■ Collected data ■
-------------------------

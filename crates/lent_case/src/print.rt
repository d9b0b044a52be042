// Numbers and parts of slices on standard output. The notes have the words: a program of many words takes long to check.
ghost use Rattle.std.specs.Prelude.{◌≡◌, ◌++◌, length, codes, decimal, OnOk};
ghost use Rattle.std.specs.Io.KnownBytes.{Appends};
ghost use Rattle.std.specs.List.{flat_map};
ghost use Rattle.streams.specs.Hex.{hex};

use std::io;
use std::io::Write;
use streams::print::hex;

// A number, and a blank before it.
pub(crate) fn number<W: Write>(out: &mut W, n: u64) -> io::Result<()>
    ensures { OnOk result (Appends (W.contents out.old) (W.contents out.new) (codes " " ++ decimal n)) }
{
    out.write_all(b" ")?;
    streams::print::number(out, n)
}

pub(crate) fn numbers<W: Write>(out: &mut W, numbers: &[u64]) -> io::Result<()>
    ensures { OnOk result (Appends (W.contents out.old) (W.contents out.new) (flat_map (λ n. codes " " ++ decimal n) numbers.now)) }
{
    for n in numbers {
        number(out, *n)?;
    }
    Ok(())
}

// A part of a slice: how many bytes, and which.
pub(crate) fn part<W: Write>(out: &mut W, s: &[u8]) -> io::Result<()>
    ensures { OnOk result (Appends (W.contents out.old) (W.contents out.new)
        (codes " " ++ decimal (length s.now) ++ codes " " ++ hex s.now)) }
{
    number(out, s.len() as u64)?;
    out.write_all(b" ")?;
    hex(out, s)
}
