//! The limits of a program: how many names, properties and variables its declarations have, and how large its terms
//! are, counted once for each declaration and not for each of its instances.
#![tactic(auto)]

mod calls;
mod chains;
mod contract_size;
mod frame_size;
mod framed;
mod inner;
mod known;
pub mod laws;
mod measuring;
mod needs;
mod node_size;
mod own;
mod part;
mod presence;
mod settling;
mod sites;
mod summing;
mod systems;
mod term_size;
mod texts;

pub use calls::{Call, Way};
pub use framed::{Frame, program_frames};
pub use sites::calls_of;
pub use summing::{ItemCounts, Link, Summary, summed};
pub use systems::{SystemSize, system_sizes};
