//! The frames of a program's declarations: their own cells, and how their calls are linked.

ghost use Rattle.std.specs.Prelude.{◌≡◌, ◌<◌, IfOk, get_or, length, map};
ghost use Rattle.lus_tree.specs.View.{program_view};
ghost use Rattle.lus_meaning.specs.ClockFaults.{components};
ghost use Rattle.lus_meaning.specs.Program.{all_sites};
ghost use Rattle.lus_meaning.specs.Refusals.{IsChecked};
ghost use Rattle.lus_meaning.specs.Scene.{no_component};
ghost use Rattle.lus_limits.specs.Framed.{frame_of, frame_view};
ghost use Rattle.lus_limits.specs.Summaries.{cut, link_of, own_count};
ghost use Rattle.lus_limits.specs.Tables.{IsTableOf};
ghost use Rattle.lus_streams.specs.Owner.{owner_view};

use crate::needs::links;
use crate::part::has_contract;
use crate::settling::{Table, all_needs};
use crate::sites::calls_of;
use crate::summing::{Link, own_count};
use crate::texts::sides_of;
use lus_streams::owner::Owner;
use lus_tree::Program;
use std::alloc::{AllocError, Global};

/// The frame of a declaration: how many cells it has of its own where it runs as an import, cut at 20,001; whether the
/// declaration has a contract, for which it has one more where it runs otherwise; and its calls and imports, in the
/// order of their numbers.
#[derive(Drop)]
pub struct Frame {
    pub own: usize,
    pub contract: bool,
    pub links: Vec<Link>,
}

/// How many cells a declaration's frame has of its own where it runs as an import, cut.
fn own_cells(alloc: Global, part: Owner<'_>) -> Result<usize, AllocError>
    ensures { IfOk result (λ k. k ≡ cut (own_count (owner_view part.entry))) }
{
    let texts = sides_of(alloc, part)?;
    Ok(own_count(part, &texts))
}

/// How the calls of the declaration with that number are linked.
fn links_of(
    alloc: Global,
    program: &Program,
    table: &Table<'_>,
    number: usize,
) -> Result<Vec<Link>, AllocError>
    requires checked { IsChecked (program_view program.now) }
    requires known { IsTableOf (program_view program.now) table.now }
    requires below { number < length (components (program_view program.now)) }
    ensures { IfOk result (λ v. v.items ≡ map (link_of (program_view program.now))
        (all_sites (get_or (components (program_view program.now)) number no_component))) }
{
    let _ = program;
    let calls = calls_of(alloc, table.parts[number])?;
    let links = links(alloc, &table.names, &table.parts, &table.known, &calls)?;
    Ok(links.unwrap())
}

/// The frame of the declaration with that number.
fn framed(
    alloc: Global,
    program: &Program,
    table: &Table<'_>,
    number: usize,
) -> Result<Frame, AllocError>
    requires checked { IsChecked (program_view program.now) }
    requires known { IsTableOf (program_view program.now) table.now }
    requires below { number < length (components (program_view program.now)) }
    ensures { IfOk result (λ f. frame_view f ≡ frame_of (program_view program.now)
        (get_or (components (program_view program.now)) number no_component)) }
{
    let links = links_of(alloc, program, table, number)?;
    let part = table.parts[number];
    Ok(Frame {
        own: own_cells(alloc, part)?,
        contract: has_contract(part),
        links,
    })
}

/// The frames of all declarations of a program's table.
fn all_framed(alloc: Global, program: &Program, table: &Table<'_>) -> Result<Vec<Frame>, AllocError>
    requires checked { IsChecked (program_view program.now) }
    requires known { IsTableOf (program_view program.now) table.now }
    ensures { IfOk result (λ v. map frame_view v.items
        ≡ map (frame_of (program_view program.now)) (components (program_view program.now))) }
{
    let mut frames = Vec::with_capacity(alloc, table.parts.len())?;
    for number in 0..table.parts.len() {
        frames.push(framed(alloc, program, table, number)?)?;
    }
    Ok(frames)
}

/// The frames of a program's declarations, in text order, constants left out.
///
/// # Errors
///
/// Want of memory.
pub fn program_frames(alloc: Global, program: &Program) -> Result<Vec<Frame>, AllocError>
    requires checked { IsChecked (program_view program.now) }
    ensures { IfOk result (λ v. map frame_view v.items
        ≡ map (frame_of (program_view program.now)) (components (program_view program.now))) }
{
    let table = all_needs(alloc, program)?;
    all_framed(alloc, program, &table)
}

-------------------------

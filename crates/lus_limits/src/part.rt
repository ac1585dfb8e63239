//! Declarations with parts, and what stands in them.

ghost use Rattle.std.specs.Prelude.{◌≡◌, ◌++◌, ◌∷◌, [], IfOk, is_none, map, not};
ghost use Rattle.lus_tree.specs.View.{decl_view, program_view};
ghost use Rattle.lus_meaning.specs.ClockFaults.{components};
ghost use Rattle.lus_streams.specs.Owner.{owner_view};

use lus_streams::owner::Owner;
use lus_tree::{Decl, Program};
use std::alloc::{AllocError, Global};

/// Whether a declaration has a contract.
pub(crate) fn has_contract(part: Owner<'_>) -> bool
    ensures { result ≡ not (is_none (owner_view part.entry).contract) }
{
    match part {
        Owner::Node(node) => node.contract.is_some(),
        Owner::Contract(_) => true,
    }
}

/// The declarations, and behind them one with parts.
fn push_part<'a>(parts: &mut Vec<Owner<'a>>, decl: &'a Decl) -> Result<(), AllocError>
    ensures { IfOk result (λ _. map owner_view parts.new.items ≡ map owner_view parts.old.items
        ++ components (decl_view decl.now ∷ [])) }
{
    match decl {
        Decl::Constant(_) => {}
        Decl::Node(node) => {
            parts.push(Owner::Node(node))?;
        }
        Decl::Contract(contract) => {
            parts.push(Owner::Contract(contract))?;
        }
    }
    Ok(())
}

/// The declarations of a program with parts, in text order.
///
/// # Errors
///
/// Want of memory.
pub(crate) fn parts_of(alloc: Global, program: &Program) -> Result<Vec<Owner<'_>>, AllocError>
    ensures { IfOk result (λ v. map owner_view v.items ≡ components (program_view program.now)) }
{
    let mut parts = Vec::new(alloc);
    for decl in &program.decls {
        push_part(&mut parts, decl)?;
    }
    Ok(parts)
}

-------------------------

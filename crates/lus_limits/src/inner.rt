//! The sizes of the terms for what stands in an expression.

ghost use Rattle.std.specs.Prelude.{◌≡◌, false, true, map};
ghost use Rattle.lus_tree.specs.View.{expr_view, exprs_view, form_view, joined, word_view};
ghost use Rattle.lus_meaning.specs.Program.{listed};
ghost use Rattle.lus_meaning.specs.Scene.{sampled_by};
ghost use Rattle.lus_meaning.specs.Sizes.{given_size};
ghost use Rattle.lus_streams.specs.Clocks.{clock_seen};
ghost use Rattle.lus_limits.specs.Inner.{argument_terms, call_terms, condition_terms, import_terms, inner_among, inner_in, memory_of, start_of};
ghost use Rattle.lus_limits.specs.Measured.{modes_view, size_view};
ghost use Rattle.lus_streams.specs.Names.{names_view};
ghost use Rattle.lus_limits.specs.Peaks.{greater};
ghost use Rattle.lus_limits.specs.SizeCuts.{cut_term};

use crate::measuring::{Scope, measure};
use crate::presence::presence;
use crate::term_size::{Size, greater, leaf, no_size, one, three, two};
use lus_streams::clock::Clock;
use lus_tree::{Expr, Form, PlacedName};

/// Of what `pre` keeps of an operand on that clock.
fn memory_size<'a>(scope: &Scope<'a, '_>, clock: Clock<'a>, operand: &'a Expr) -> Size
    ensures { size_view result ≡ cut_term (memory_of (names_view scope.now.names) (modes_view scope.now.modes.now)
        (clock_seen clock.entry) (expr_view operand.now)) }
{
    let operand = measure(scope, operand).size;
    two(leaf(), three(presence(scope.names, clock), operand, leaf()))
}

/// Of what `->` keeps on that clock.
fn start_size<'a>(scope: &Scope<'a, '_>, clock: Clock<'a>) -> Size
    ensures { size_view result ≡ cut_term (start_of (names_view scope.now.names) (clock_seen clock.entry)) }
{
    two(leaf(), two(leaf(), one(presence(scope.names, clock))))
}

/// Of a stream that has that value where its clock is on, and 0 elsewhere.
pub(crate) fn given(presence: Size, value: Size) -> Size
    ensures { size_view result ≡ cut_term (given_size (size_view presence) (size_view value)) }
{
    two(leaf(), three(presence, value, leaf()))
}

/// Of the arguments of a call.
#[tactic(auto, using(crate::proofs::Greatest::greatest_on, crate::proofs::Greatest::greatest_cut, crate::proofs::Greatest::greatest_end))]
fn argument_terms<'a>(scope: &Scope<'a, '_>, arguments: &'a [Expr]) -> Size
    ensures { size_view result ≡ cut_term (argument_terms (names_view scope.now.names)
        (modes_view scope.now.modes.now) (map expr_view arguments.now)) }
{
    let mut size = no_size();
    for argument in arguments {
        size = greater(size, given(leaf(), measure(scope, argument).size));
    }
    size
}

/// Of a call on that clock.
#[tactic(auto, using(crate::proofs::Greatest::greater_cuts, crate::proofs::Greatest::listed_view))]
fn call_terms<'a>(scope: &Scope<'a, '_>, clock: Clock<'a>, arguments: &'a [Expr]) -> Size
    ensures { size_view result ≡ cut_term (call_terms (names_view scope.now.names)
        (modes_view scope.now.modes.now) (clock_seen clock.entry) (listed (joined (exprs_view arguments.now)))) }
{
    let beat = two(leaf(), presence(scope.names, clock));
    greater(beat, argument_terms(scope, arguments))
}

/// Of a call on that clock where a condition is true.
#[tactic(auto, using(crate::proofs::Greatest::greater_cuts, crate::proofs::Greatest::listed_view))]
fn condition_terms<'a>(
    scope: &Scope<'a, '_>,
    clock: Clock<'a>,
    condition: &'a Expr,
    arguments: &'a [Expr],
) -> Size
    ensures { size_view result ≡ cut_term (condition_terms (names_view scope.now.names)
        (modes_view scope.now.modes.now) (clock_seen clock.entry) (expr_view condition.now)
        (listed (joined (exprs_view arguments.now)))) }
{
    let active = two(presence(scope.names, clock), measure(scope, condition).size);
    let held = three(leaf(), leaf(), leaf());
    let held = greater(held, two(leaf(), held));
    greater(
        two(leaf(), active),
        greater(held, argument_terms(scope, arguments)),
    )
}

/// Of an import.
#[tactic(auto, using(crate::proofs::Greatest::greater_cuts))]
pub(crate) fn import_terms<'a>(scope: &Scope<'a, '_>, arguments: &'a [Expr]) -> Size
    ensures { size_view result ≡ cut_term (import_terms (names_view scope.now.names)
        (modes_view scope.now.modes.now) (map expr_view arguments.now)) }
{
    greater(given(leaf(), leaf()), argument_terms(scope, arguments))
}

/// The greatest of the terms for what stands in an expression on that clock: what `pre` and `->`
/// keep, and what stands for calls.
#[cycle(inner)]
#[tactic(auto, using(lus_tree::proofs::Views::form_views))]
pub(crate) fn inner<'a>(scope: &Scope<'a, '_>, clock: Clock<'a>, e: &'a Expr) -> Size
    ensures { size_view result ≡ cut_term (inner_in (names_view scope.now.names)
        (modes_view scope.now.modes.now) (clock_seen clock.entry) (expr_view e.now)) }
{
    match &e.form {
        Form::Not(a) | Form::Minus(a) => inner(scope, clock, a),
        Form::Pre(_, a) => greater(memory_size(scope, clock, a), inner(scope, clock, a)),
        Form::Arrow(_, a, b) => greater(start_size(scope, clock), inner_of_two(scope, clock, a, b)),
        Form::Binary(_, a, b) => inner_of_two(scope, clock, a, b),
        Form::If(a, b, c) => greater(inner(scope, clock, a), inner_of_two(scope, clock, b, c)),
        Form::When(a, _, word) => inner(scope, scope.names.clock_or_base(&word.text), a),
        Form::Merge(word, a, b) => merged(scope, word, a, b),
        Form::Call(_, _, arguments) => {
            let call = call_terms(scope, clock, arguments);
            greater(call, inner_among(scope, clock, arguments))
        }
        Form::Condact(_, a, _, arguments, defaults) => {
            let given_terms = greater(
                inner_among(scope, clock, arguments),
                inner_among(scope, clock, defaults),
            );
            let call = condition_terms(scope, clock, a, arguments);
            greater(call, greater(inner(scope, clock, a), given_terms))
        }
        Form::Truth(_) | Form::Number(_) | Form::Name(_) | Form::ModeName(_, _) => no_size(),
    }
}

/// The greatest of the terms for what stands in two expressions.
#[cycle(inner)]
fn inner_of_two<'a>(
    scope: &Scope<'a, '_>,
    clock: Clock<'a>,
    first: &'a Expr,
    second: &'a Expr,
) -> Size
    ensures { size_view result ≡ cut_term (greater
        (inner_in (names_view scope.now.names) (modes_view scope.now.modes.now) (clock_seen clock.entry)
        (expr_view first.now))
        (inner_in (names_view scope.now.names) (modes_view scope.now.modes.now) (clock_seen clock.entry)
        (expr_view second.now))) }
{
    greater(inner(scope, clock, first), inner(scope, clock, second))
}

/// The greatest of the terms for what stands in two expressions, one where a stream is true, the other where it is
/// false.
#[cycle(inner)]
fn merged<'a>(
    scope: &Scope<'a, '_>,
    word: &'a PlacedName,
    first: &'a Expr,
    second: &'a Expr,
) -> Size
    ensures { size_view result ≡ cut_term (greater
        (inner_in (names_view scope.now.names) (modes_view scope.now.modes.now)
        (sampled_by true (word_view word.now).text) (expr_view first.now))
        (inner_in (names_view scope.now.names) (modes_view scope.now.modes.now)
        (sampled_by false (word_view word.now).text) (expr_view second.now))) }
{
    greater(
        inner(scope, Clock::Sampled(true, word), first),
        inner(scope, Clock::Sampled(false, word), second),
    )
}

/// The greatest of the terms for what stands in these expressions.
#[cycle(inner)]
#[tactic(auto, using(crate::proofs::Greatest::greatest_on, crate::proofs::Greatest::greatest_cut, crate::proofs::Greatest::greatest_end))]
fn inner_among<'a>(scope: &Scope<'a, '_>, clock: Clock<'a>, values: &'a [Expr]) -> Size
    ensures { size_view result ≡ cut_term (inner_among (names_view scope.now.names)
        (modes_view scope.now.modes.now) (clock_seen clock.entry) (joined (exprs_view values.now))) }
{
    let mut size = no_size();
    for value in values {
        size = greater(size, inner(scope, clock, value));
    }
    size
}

-------------------------

■ What you need to do ■
Return the span of lines in the data above that opens at the line with "operand on that clock." and closes at the line with "(call_terms (names_view scope.now.names)", exactly, ends included, nothing else.

■ Answer to this task ■
/// Of what `pre` keeps of an operand on that clock.
fn memory_size<'a>(scope: &Scope<'a, '_>, clock: Clock<'a>, operand: &'a Expr) -> Size
    ensures { size_view result ≡ cut_term (memory_of (names_view scope.now.names) (modes_view scope.now.modes.now)
        (clock_seen clock.entry) (expr_view operand.now)) }
{
    let operand = measure(scope, operand).size;
    two(leaf(), three(presence(scope.names, clock), operand, leaf()))
}

/// Of what `->` keeps on that clock.
fn start_size<'a>(scope: &Scope<'a, '_>, clock: Clock<'a>) -> Size
    ensures { size_view result ≡ cut_term (start_of (names_view scope.now.names) (clock_seen clock.entry)) }
{
    two(leaf(), two(leaf(), one(presence(scope.names, clock))))
}

/// Of a stream that has that value where its clock is on, and 0 elsewhere.
pub(crate) fn given(presence: Size, value: Size) -> Size
    ensures { size_view result ≡ cut_term (given_size (size_view presence) (size_view value)) }
{
    two(leaf(), three(presence, value, leaf()))
}

/// Of the arguments of a call.
#[tactic(auto, using(crate::proofs::Greatest::greatest_on, crate::proofs::Greatest::greatest_cut, crate::proofs::Greatest::greatest_end))]
fn argument_terms<'a>(scope: &Scope<'a, '_>, arguments: &'a [Expr]) -> Size
    ensures { size_view result ≡ cut_term (argument_terms (names_view scope.now.names)
        (modes_view scope.now.modes.now) (map expr_view arguments.now)) }
{
    let mut size = no_size();
    for argument in arguments {
        size = greater(size, given(leaf(), measure(scope, argument).size));
    }
    size
}

/// Of a call on that clock.
#[tactic(auto, using(crate::proofs::Greatest::greater_cuts, crate::proofs::Greatest::listed_view))]
fn call_terms<'a>(scope: &Scope<'a, '_>, clock: Clock<'a>, arguments: &'a [Expr]) -> Size
    ensures { size_view result ≡ cut_term (call_terms (names_view scope.now.names)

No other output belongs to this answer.